Saturday, October 10

Kuyperian Renaissance

Abraham Kuyper was one of the most remarkable men of the twentieth century. A true poly math, the Dutch statesman made his mark as a pastor, theologian, journalist, educator, orator, publisher, politician, and reformer.

He was born in 1837, just seven years after Belgium and the Netherlands separated. Though his pious family background, quiet rural community, and meager local schooling combined to afford him only very humble resources, he was a bright student and was early on marked out for great things. He attended the university at Leiden and quickly demonstrated an aptitude for serious scholastic work.

Following his postgraduate work, he pastored a succession of churches—first in Beesd, then in Utrect, and finally in Amsterdam. He became the leader of the theological conservatives who were working hard to hold at bay the encroachments of modernists and liberals.

By 1872, he had begun publishing a daily newspaper, De Standaard. He was already the editor of the inspirational monthly magazine, De Heraut. In addition, he had founded a new legal organization to protect the concerns of private Christian schools and had spearheaded the reorganization of the political conservatives into the Anti-Revolutionary Party. He was elected to the lower assembly and quickly became the leading exponent and spokesman for spiritual orthodoxy, fiscal restraint, and judicial tradition.

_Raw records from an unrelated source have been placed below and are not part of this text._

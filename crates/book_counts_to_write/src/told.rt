//! Counts that are shifted, and whether a book has them.

ghost use Rattle.std.specs.Prelude.{◌≡◌, ◌≤◌, ◌+◌, ◌-◌, ◌==◌, ◌&&◌, IfOk, Some};
ghost use Rattle.std.specs.Option.{option_copied};
ghost use Rattle.model_rows.specs.CountRows.{same_usage};
ghost use Rattle.model_rows.specs.Usage.{redeemed, spent};
ghost use Rattle.book_counts_to_write.specs.Told.{Adds, has_count, has_exits, has_voucher, told_unless};
ghost use Rattle.book_counts_to_write.specs.Walked.{usage_shifted, same_as};

use book_tally::QuotaDelta;
use book_usage::{Book, usage_of};
use model_rows::{QuotaCount, Usage, VoucherCount};
use std::alloc::AllocError;

/// A count that gains something and loses something. It is refused where it doesn't fit in 64 bits.
pub fn moved(count: u64, come: u64, gone: u64) -> Result<u64, AllocError>
    ensures { IfOk result (λ n. n ≡ (count + come) - gone) }
{
    let more = add(count, come)?;
    match more.checked_sub(gone) {
        None => Err(AllocError),
        Some(left) => Ok(left),
    }
}

// The sum. It is refused where it doesn't fit in 64 bits.
fn add(a: u64, b: u64) -> Result<u64, AllocError>
    ensures { IfOk result (λ n. n ≡ a + b) }
{
    match a.checked_add(b) {
        None => Err(AllocError),
        Some(sum) => Ok(sum),
    }
}

/// What is spent of a voucher, where some more is spent and some isn't any more, in cents. It is refused where it doesn't fit
/// in 64 bits.
pub fn moved_cents(spent: u128, come: u64, gone: u64) -> Result<u64, AllocError>
    requires few { spent ≤ 42949672955705032704 }
    ensures { IfOk result (λ n. n ≡ (spent + come) - gone) }
{
    fitting((spent + u128::from(come)).saturating_sub(u128::from(gone)))
}

/// An amount as a number of 64 bits. It is refused where it doesn't fit.
pub fn fitting(amount: u128) -> Result<u64, AllocError>
    ensures { IfOk result (λ n. n ≡ amount) }
{
    match u64::try_from(amount) {
        Err(_) => Err(AllocError),
        Ok(fits) => Ok(fits),
    }
}

/// A usage, with what came by a shift and without what went, if there is one.
pub fn usage_shifted(usage: Usage, shift: Option<&QuotaDelta>) -> Result<Usage, AllocError>
    ensures { IfOk result (λ new. new ≡ usage_shifted usage (option_copied shift.entry)) }
{
    match shift {
        None => Ok(usage),
        Some(shift) => shifted_by(usage, shift),
    }
}

fn shifted_by(usage: Usage, shift: &QuotaDelta) -> Result<Usage, AllocError>
    ensures { IfOk result (λ new. new ≡ usage_shifted usage (Some shift.now)) }
{
    let come = &shift.come;
    let gone = &shift.gone;
    Ok(Usage {
        paid: moved(usage.paid, come.paid, gone.paid)?,
        pending: moved(usage.pending, come.pending, gone.pending)?,
        blocked: moved(usage.blocked, come.blocked, gone.blocked)?,
        carts: moved(usage.carts, come.carts, gone.carts)?,
        waiting: moved(usage.waiting, come.waiting, gone.waiting)?,
        exited: moved(usage.exited, come.exited, gone.exited)?,
    })
}

/// Whether it is a usage that was known.
pub fn same_as(usage: Usage, known: Option<Usage>) -> bool
    ensures { result ≡ same_as usage known }
{
    match known {
        None => false,
        Some(known) => same_usage(usage, known),
    }
}

// Whether all counts are the same.
fn same_usage(a: Usage, b: Usage) -> bool
    ensures { result ≡ same_usage a b }
{
    a.paid == b.paid
        && a.pending == b.pending
        && a.blocked == b.blocked
        && a.carts == b.carts
        && a.waiting == b.waiting
        && a.exited == b.exited
}

/// Whether the book has this very count of a quota.
pub fn has_count<B: Book>(book: &B, count: QuotaCount) -> bool
    ensures { result ≡ has_count (B.state book.now) count }
{
    let catalogue = book.catalogue();
    catalogue.recall_invariant();
    match catalogue.quota(count.quota) {
        None => false,
        Some(quota) => {
            let usage = usage_of(book, quota, book.moment());
            same_usage(count.usage, usage)
        }
    }
}

/// Whether the book has a quota of this id, of which as many tickets are out.
pub fn has_exits<B: Book>(book: &B, count: &QuotaCount) -> bool
    ensures { result ≡ has_exits (B.state book.now) count.now }
{
    let catalogue = book.catalogue();
    catalogue.recall_invariant();
    match catalogue.quota(count.quota) {
        None => false,
        Some(quota) => count.usage.exited == usage_of(book, quota, book.moment()).exited,
    }
}

/// Whether the book has this very count of a voucher.
pub fn has_voucher<B: Book>(book: &B, count: VoucherCount) -> bool
    ensures { result ≡ has_voucher (B.state book.now) count }
{
    book.recall_invariant();
    match book.voucher(count.voucher) {
        None => false,
        Some(_) => has_numbers(book, count),
    }
}

// Whether a voucher is redeemed as often in the book, and as much is spent of it.
fn has_numbers<B: Book>(book: &B, count: VoucherCount) -> bool
    ensures { result ≡ (count.redeemed == redeemed count.voucher (B.state book.now).lists
        && count.spent == spent count.voucher (B.state book.now).lists) }
{
    count.redeemed == book.redeemed(count.voucher)
        && u128::from(count.spent) == book.spent(count.voucher)
}

/// Adds a row, unless it is known.
pub fn add_unless<T: Copy>(known: bool, row: T, rows: &mut Vec<T>) -> Result<(), AllocError>
    ensures { Adds result rows.old rows.new (told_unless known row) }
{
    if known { Ok(()) } else { Ok(rows.push(row)?) }
}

As if all these activities were not enough, he continued the serious academic research he had begun at the university, he wrote a flurry of books, pamphlets, and broadsides, and he managed a heavy speaking schedule at home and abroad. In later years he would also establish the Free University of Amsterdam, give vision and direction to the new Dutch Reformed Church, and lead a coalition government as the Prime Minister. He was a genuine renaissance man in every respect.

He first entered politics as a member of the lower chamber of the Dutch legislature, at the head of a new Conservative and Christian coalition party. After breaking with the national church and forming the Free Reformed Church in 1886, he united the Calvinist and Catholic parties and in 1901 formed a reformed Christian Conservative ministry, serving as minister of the interior until 1905 and Prime Minister until 1907. He served in the upper house of the legislature from 1913 to 1920.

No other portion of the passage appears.